Raza Waseem, Wei Zhong, Jousset Alexandre, Shen Qirong, Friman Ville-Petri
Key Lab of Plant Immunity, Jiangsu Provincial Key Lab for Organic Solid Waste Utilization, National Engineering Research Center for Organic-based Fertilizers, Jiangsu Collaborative Innovation Center for Solid Organic Waste Resource Utilization, Nanjing Agricultural University, Nanjing, People's Republic of China.
Utrecht University, Institute for Environmental Biology, Ecology, and Biodiversity, Utrecht, The Netherlands.
mSystems. 2021 Aug 31;6(4):e0084921. doi: 10.1128/mSystems.00849-21. Epub 2021 Aug 24.
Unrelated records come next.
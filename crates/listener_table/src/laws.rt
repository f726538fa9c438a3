//! What the calls of a table rest on.
ghost use Rattle.listener_table.specs.Laws.{TableRestsOn};

use board::laws::{ended_connections_join, generations_keep_their_editions};
use board_turns::turns_rest_on_these;
use conn_machine::laws::events_keep_states_sound;
use conn_machine::laws_between_turns::{
    others_leave_the_rest_to_the_listener, own_events_tell_the_frame,
};
use conn_machine::laws_of_runs::made_histories_are_runs;

/// What the calls of a table rest on.
pub(crate) fn table_rests_on_these()
    ensures { TableRestsOn }
{
    turns_rest_on_these();
    own_events_tell_the_frame();
    others_leave_the_rest_to_the_listener();
    ended_connections_join();
    generations_keep_their_editions();
    events_keep_states_sound();
    made_histories_are_runs();
}
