//! What the line of a directive sets.
ghost use Rattle.std.specs.Prelude.{◌≡◌, IfSome, IfOk, MatchResult, Ok, Err};
ghost use Rattle.mpm_config.specs.Setting.{assignment, of_value, of_words, setting_of};
ghost use Rattle.mpm_config.specs.SettingInside.{IsSettable, IsSettableOne, assignment_shown};
ghost use Rattle.conf_text.specs.Words.{words};

use crate::directive::{Directive, Quantity, named};
use crate::host_name::{are_aliases, is_server_name};
use crate::value::{address, is_file, is_folder, is_log, port, switch, tags_of_value};
use conf_text::{First, first_word};
use mpm_base::Addr;
use type_words::{are_type_words, charset_of_value, table_of_value};

/// What a value sets. Of names, and of a character set, the value itself is kept.
#[derive(Clone, Copy, Debug)]
pub enum Setting {
    Number(Quantity, u32),
    KeepAlive(bool),
    Listen(Addr),
    ControlListen(u16),
    DocumentRoot,
    DirectoryIndex,
    FileETag(bool),
    LastModified(bool),
    MimeTable(bool),
    /// Whether the value names one.
    AddDefaultCharset(bool),
    ServerStatus(bool),
    ServerName,
    TransferLog,
}

/// What the line of a directive does.
#[derive(Clone, Copy, Debug)]
pub enum Assigned<'a> {
    /// It sets what the value spells.
    One(Setting, &'a str),
    /// It adds the words to the names of a host.
    Names(&'a str),
    /// It adds the pairs that the words spell to those of the types.
    Pairs(&'a str),
}

/// What is wrong with the line of a directive.
#[derive(Clone, Copy, Debug, PartialEq, Eq)]
pub enum Wrong {
    /// No directive has that name.
    Name,
    /// There isn't exactly one value, or the directive may not have it.
    Value,
}

impl Directive {
    /// What a value sets, where the directive may have it.
    pub fn setting(self, value: &[u8]) -> Option<Setting>
        ensures value { result ≡ setting_of self value.now }
        ensures settable { IfSome result IsSettable }
    {
        match self {
            Directive::Number(quantity) => Some(Setting::Number(quantity, quantity.read(value)?)),
            Directive::KeepAlive => Some(Setting::KeepAlive(switch(value)?)),
            Directive::Listen => Some(Setting::Listen(address(value)?)),
            Directive::ControlListen => Some(Setting::ControlListen(port(value)?)),
            Directive::DocumentRoot => is_folder(value).then_some(Setting::DocumentRoot),
            Directive::DirectoryIndex => is_file(value).then_some(Setting::DirectoryIndex),
            Directive::FileETag => Some(Setting::FileETag(tags_of_value(value)?)),
            Directive::LastModified => Some(Setting::LastModified(switch(value)?)),
            Directive::MimeTable => Some(Setting::MimeTable(table_of_value(value)?)),
            Directive::AddDefaultCharset => {
                Some(Setting::AddDefaultCharset(charset_of_value(value)?))
            }
            Directive::ServerStatus => Some(Setting::ServerStatus(switch(value)?)),
            Directive::ServerName => is_server_name(value).then_some(Setting::ServerName),
            Directive::TransferLog => is_log(value).then_some(Setting::TransferLog),
            Directive::ServerAlias | Directive::AddType => None,
        }
    }

    /// What the words after the name set, where there is exactly one.
    fn assigned_one(self, line: &str) -> Result<Assigned<'_>, Wrong>
        ensures value { MatchResult result
            (λ a. of_value self (words line.now) ≡ Ok (assignment_shown a))
            (λ wrong. of_value self (words line.now) ≡ Err wrong) }
        ensures settable { IfOk result IsSettableOne }
    {
        let First::Closed(value, after) = first_word(line) else {
            return Err(Wrong::Value);
        };
        let First::End = first_word(after) else {
            return Err(Wrong::Value);
        };
        match self.setting(value.as_bytes()) {
            Some(setting) => Ok(Assigned::One(setting, value)),
            None => Err(Wrong::Value),
        }
    }

    /// What the words after the name set.
    fn assigned(self, line: &str) -> Result<Assigned<'_>, Wrong>
        ensures value { MatchResult result
            (λ a. of_words self (words line.now) ≡ Ok (assignment_shown a))
            (λ wrong. of_words self (words line.now) ≡ Err wrong) }
        ensures settable { IfOk result IsSettableOne }
    {
        match self {
            Directive::ServerAlias => {
                if are_aliases(line) {
                    Ok(Assigned::Names(line))
                } else {
                    Err(Wrong::Value)
                }
            }
            Directive::AddType => {
                if are_type_words(line) {
                    Ok(Assigned::Pairs(line))
                } else {
                    Err(Wrong::Value)
                }
            }
            _ => self.assigned_one(line),
        }
    }
}

/// What the line of a directive does.
pub fn read_assignment(line: &str) -> Result<Assigned<'_>, Wrong>
    ensures value { MatchResult result
        (λ a. assignment line.now ≡ Ok (assignment_shown a))
        (λ wrong. assignment line.now ≡ Err wrong) }
    ensures settable { IfOk result IsSettableOne }
{
    let First::Closed(name, after) = first_word(line) else {
        return Err(Wrong::Value);
    };
    match named(name.as_bytes()) {
        Some(directive) => directive.assigned(after),
        None => Err(Wrong::Name),
    }
}
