//! A host of a configuration.
use mpm_base::{Names, Octets, Sequence};

/// What a text configures of one host.
#[derive(Debug, Drop)]
pub struct HostConf {
    /// ServerName and ServerAlias: its names, without a port or a point at the end.
    pub names: Names,
    /// DocumentRoot, without a `/` at its ends; UTF-8.
    pub root: Octets,
    /// DirectoryIndex, without a `/`; UTF-8.
    pub index: Octets,
}

/// The hosts of a configuration, in the order of their sections.
pub type HostConfs = Sequence<HostConf>;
Plant rhizobiomes consist of microbes that are influenced by the physical, chemical, and biological properties of the plant root system. While plant-microbe interactions are generally thought to be local, accumulating evidence suggests that topologically disconnected bulk soil microbiomes could be linked with plants and their associated rhizospheric microbes through volatile organic compounds (VOCs). While several studies have focused on the effect of soil physicochemical properties for VOC movement, it is less clear how VOC signaling is affected by microbial communities themselves when VOCs travel across soils. To gain a better understanding of this, we propose that soil microbe-plant communities could be viewed as "metarhizobiomes," where VOC-mediated interactions extend the plant rhizobiome further out through interconnected microbial metapopulation networks. In this minireview, we mainly focus on soil microbial communities and first discuss how microbial interactions within a local population affect VOC signaling, leading to changes in the amount, type, and ecological roles of produced VOCs. We then consider how VOCs could connect spatially separated microbial populations into a larger metapopulation network and synthesize how (i) VOC effects cascade in soil matrix when moving away from the source of origin and (ii) how microbial metapopulation composition and diversity shape VOC-signaling between plants and microbes at the landscape level. Finally, we propose new avenues for experimentally testing VOC movement in plant-microbe metapopulation networks and suggest how VOCs could potentially be used for managing plant health in natural and agricultural soils.
植物根际微生物群由受植物根系物理、化学和生物学特性影响的微生物组成。虽然植物与微生物的相互作用通常被认为是局部的,但越来越多的证据表明,拓扑上不相连的大块土壤微生物群可能通过挥发性有机化合物(VOCs)与植物及其相关的根际微生物联系起来。虽然有几项研究关注土壤理化性质对VOC移动的影响,但当VOCs在土壤中传播时,微生物群落本身如何影响VOC信号传导尚不清楚。为了更好地理解这一点,我们提出土壤微生物 - 植物群落可以被视为“元根际微生物群”,其中VOC介导的相互作用通过相互连接的微生物集合种群网络将植物根际微生物群进一步扩展到更远的范围。在这篇小型综述中,我们主要关注土壤微生物群落,首先讨论局部种群内的微生物相互作用如何影响VOC信号传导,导致产生的VOCs的数量、类型和生态作用发生变化。然后,我们考虑VOCs如何将空间上分离的微生物种群连接成一个更大的集合种群网络,并综合阐述(i)VOC效应在远离起源源时如何在土壤基质中级联,以及(ii)微生物集合种群组成和多样性如何在景观层面塑造植物与微生物之间的VOC信号传导。最后,我们提出了在植物 - 微生物集合种群网络中通过实验测试VOC移动的新途径,并提出VOCs如何潜在地用于管理自然和农业土壤中的植物健康。